1. gerryliyana Group Title

you help me? @Jemurray3

2. Jemurray3 Group Title

Let u = x+1 -> x = u-1 Substitute that in first, and what do you get?

3. gerryliyana Group Title

why u = x+1 ??

4. Jemurray3 Group Title

Because then you expand what you have left around u = 0

5. gerryliyana Group Title

substitute to z?

6. Jemurray3 Group Title

What?

7. Jemurray3 Group Title

Oh, yeah. Z instead of x, whatever. u = z+1

8. gerryliyana Group Title

ah ok..., then f(u-1)=(u-1) exp(2(u-1)) ?

9. Jemurray3 Group Title

Yep. Now just expand that in a power series around u = 0. I'll get you started. $f(u) = e^{-2}\cdot \left( (u-1) \cdot e^{2u}\right)$ $=e^{-2} \cdot(u-1) \cdot \sum \frac{(2u)^n}{n!}$

10. gerryliyana Group Title

i dont know how to expand

11. dfyodor Group Title

Why are you having him make the substitution? That makes the problem no easier and weakens the intuition of what is happening.
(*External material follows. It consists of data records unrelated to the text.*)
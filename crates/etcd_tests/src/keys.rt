//! Names of logs, and their keys.
use gu_etcd::{LAST_NUMBER, MAX_NAME, batch_key, end_key, is_name, leader_key};
use std::test::Fail;

/// Texts, and whether each is the name of a log or of a desk.
const NAMES: &[(&str, bool)] = &[
    ("DAY", true),
    ("day-2026_01.05", true),
    ("a", true),
    (".", true),
    ("Z9", true),
    ("", false),
    ("a/b", false),
    ("a b", false),
    ("a\n", false),
    ("a:", false),
    ("[", false),
    ("@", false),
    ("`", false),
    ("{", false),
    ("\u{e9}", false),
];

#[test]
fn names_are_letters_digits_and_three_signs(rt: HostRuntime) {
    for (name, is) in NAMES {
        assert_eq!(rt; is_name(name.as_bytes()), *is, "{name}");
    }
}

#[test]
fn a_name_has_64_letters_at_most(rt: HostRuntime) -> Result<(), Fail> {
    let longest = vec![in rt.alloc(); b'x'; MAX_NAME]?;
    let longer = vec![in rt.alloc(); b'x'; MAX_NAME + 1]?;
    assert_eq!(rt; longest.len(), 64);
    assert!(rt; is_name(&longest));
    assert!(rt; !is_name(&longer));
    Ok(())
}

/// Numbers, and the keys of their entries in the log DAY.
const KEYS: &[(u64, &str)] = &[
    (1, "DAY/0000000001"),
    (7, "DAY/0000000007"),
    (10, "DAY/0000000010"),
    (1_024, "DAY/0000001024"),
    (1_234_567_890, "DAY/1234567890"),
    (LAST_NUMBER, "DAY/9999999999"),
];

#[test]
fn a_key_has_ten_digits(rt: HostRuntime) -> Result<(), Fail> {
    for (number, key) in KEYS {
        let made = batch_key(rt.alloc(), b"DAY", *number)?;
        assert_eq!(rt; made.as_slice(), key.as_bytes(), "{number}");
    }
    Ok(())
}

#[test]
fn the_leader_comes_after_the_entries(rt: HostRuntime) -> Result<(), Fail> {
    let last = batch_key(rt.alloc(), b"DAY", LAST_NUMBER)?;
    let end = end_key(rt.alloc(), b"DAY")?;
    let leader = leader_key(rt.alloc(), b"DAY")?;
    assert_eq!(rt; end.as_slice(), b"DAY/:".as_slice());
    assert_eq!(rt; leader.as_slice(), b"DAY/leader".as_slice());
    assert!(rt; last.as_slice() < end.as_slice() && end.as_slice() < leader.as_slice());
    Ok(())
}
12. gerryliyana Group Title

have you idea @dfyodor ??

13. dfyodor Group Title

Well, we might as well take it from jemurray3's last equation. What is thee next part of the problem?

14. gerryliyana Group Title

the next is find the region of convergence...,

15. dfyodor Group Title

Right, what does that mean?

16. dfyodor Group Title

As in, the definition with equations.

17. dfyodor Group Title

For a power series $\sum c_n z^n$ converges if and only if $|z|<R$, and R is called the radius of convergeance.

18. dfyodor Group Title

We know the root test, that is, that $\sum c_n$ converges if and only if $\sqrt{c_n}<1$ as n goes to infinity. We also know (presumably) that $\frac{a^n}{n!}$ converges to zero for any a greater than 0.

19. dfyodor Group Title

I don't feel comfortable giving much more at this point, as I think that should be plenty enough to work out the solution to the problem.

20. gerryliyana Group Title

then \the region of convergence |z-1| < 1 ??

21. Jemurray3 Group Title

@dfyodor I made the substitution because I'd rather that than carry around a whole bunch of (z+1)'s instead. It doesn't weaken anything. It certainly is algebraically easier to expand around zero.